Chapter 2: Problem 4

The initial value problem $$ \frac{d y}{d x}=\frac{y^{2}+x y}{x^{2}}, \quad y(1)=1 $$ does not fall into the class of problems considered in this chapter. However, if one substitutes $y(x)=x z(x)$ into the differential equation, one obtains an equation for $z(x)$ that can be solved.

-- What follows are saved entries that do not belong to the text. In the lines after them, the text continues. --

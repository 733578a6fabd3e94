//! A dictionary, put to and found in while it is timed.

ghost use Rattle.std.specs.Prelude.{◌≡◌, ◌≢◌, ◌<◌};
ghost use Rattle.brc_count.specs.Frames.{IsUnlocked, Owns};
ghost use Rattle.brc_count.specs.Owned.{Keeps};

use crate::containers::{Spot, put_in};
use crate::operations::{On, Operation, strewn};
use brc_count::biased::HasTable;
use brc_count::block::KeyRef;
use brc_count::{Frame, Handle};
use brc_loops::{Passing, Source, pass_on, repeat};
use brc_things::{dict_find, dict_find_by, dict_put, new_dict, new_int};
use brc_words::{Key, Text};
use std::alloc::Allocator;
use std::sync::Wait;

/// The key of this number.
#[inline(always)]
pub fn key_of<A: Allocator>(number: u64) -> Key<A>
    requires { number < 256 }
{
    Key::Int(number as i64 * 7_919)
}

/// How many keys a dictionary has.
#[derive(Clone, Copy)]
pub enum Keys {
    /// 4.
    Few,
    /// 256.
    Many,
}

impl Keys {
    pub fn count(self) -> u64 {
        match self {
            Keys::Few => 4,
            Keys::Many => 256,
        }
    }

    /// The number of the key that is used in this turn: each has its turn.
    #[inline(always)]
    pub fn of_turn(self, turn: u64) -> u64
        ensures { result < 256 }
    {
        match self {
            Keys::Few => turn % 4,
            Keys::Many => strewn(turn),
        }
    }
}

/// What is beside the key is found, and released; None where it can't be had.
#[inline(always)]
fn find<R: Wait, H: HasTable<A>, A: Allocator>(
    rt: &R,
    frame: &mut Frame<H, A>,
    dict: &Handle<A>,
    key: &Key<A>,
) -> Option<()>
    requires owned { Owns frame.old dict.now }
    requires unlocked { IsUnlocked frame.old }
    ensures keeps { Keeps frame.old frame.new }
    ensures unlocked { IsUnlocked frame.new }
{
    let found = dict_find(rt, frame, dict, key).ok()?;
    frame.release(found);
    Some(())
}

/// A value, which goes at each turn beside the key whose turn it is, and is found there; what was there before comes
/// out. A turn fails where the key is new, or a call is refused.
struct PuttingAndFinding<'h, R, A: Allocator> {
    rt: &'h R,
    dict: &'h Handle<A>,
    value: Handle<A>,
    keys: Keys,
}

impl<'h, R: Wait, H: HasTable<A>, A: Allocator + Copy> Passing<H, A>
    for PuttingAndFinding<'h, R, A> {
    ghost held = { λ it. it.value };

    ghost ready = { λ it frame. Owns frame it.dict.now × (it.value.place ≢ it.dict.now.place) };

    #[inline(always)]
    fn pass(self, frame: &mut Frame<H, A>, before: u64) -> Option<Self> {
        let PuttingAndFinding {
            rt,
            dict,
            value,
            keys,
        } = self;
        let number = keys.of_turn(before);
        match dict_put(rt, frame, dict, key_of(number), value) {
            Ok(None) => None,
            Ok(Some(old)) => {
                if find(rt, frame, dict, &key_of(number)).is_none() {
                    frame.release(old);
                    return None;
                }
                Some(PuttingAndFinding {
                    rt,
                    dict,
                    value: old,
                    keys,
                })
            }
            Err(handed) => {
                frame.release(handed.value.1);
                None
            }
        }
    }
}

/// So many puts, each with a find: first of an integer of the thread's own, then of what came out before.
#[derive(Drop)]
pub struct PutsAndFinds<'r, R, A> {
    pub rt: &'r R,
    pub alloc: A,
    pub keys: Keys,
    pub n: u64,
}

impl<'r, R: Wait, H: HasTable<A>, A: Allocator + Copy> Operation<H, A> for PutsAndFinds<'r, R, A> {
    fn run_on(&self, frame: &mut Frame<H, A>, dict: &Handle<A>, _before: u64) -> Option<()> {
        let value = new_int(self.alloc, frame, 1_000).ok()?;
        let turning = PuttingAndFinding {
            rt: self.rt,
            dict,
            value,
            keys: self.keys,
        };
        let PuttingAndFinding {
            rt: _rt,
            dict: _dict,
            value,
            keys: _keys,
        } = pass_on(turning, frame, self.n)?;
        frame.release(value);
        Some(())
    }
}

/// The text key of a dictionary with two keys.
const NAME: &str = "key";

/// The key that is found.
#[derive(Clone, Copy)]
pub enum Sought {
    /// 1.
    Number,
    /// `NAME`.
    Name,
}

impl Sought {
    #[inline(always)]
    pub fn key(self) -> KeyRef<'static> {
        match self {
            Sought::Number => KeyRef::Int(1),
            Sought::Name => KeyRef::Text(NAME.as_bytes()),
        }
    }
}

/// The reference beside a key of a dictionary with two keys is found, and released.
#[derive(Drop)]
pub struct Seek<'r, R> {
    pub rt: &'r R,
    pub sought: Sought,
}

impl<'r, R: Wait, H: HasTable<A>, A: Allocator> Operation<H, A> for Seek<'r, R> {
    #[inline(always)]
    fn run_on(&self, frame: &mut Frame<H, A>, dict: &Handle<A>, _before: u64) -> Option<()> {
        let found = dict_find_by(self.rt, frame, dict, self.sought.key()).ok()?;
        frame.release(found);
        Some(())
    }
}

/// An integer goes beside 1, and then one beside `NAME`.
#[derive(Drop)]
struct PutOne<'r, R, A> {
    rt: &'r R,
    alloc: A,
}

impl<'r, R, A: Allocator + Copy> PutOne<'r, R, A> {
    /// The key of this turn; None if its text can't be had.
    fn key(&self, before: u64) -> Option<Key<A>> {
        if before == 0 {
            return Some(Key::Int(1));
        }
        let mut name = String::new(self.alloc);
        name.push_str(NAME).ok()?;
        Some(Key::Text(Text::new(name)))
    }
}

impl<'r, R: Wait, H: HasTable<A>, A: Allocator + Copy> Operation<H, A> for PutOne<'r, R, A> {
    fn run_on(&self, frame: &mut Frame<H, A>, dict: &Handle<A>, before: u64) -> Option<()> {
        let key = self.key(before)?;
        let value = new_int(self.alloc, frame, 1_000).ok()?;
        put_in(self.rt, frame, dict, Spot::Beside(key), value)
    }
}

/// New dictionaries with two keys.
#[derive(Drop)]
pub struct TwoKeys<'r, R, A> {
    pub rt: &'r R,
    pub alloc: A,
}

impl<'r, R: Wait, H: HasTable<A>, A: Allocator + Copy> Source<H, A> for TwoKeys<'r, R, A> {
    fn next(&self, frame: &mut Frame<H, A>, _before: u64) -> Option<Handle<A>> {
        let rt = self.rt;
        let alloc = self.alloc;
        let dict = new_dict(alloc, frame).ok()?;
        match repeat(&On(&dict, PutOne { rt, alloc }), frame, 2) {
            Some(()) => Some(dict),
            None => {
                frame.release(dict);
                None
            }
        }
    }
}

Use this substitution to solve the initial value problem for $y(x)$.

Short Answer

Expert verified

The solution to the initial value problem is $y(x) = \frac{x^2}{1 +x}$.

Step by step solution

Substitute Given Function

We start by substituting $y(x) = xz(x)$ into the given differential equation. Taking derivative of both sides gives $\frac{d y}{d x} = z(x) + x \frac{d z}{d x}$. We substitute these into the original differential equation, obtaining $\frac{d y}{d x} = z(x) + x \frac{d z}{d x} = \frac{(x z(x))^2+ x (x z(x))}{x^2}$. Simplifying, we find $z + x \frac{d z}{d x} = z^2 + z$.

Rearrange Equation

We now rearrange the differential equation to isolate the derivative on one side. This gives us $\frac{d z}{d x} = z(z - 1)$.

Solve Separable Differential Equation

This equation is now separable, meaning we can rearrange it as a product of functions of z and x and then integrate. $ \frac{d z}{z(z - 1)} = \frac{d x}{x} $. Integrate both sides as $\int \frac{d z}{z(z - 1)} = \int \frac{d x}{x}$ to get $ \ln|x| = - \ln|z - 1| + \ln|z|$. This simplifies to $ \ln|x| = \ln \left|\frac{z}{z-1}\right|$. Taking exponential of both sides, we get $|x| = \left|\frac{z}{z-1}\right|$. Since we started with y(1) = 1, we know that z(1) = 1 and therefore, we can drop the absolute value on the right side but keep it on the left side.

Rearrange and Substitute Back for y

We rearrange the result to solve for z: $z = \frac{x}{1 \pm x}$. Because the initial condition is y(1) = 1, we choose the upper sign, so $z = \frac{x}{1 +x}$. Finally, remembering our substitution y(x) = xz(x), this gives us the solution for our original differential equation: $y(x) = x \cdot \frac{x}{1 +x} = \frac{x^2}{1 +x}$.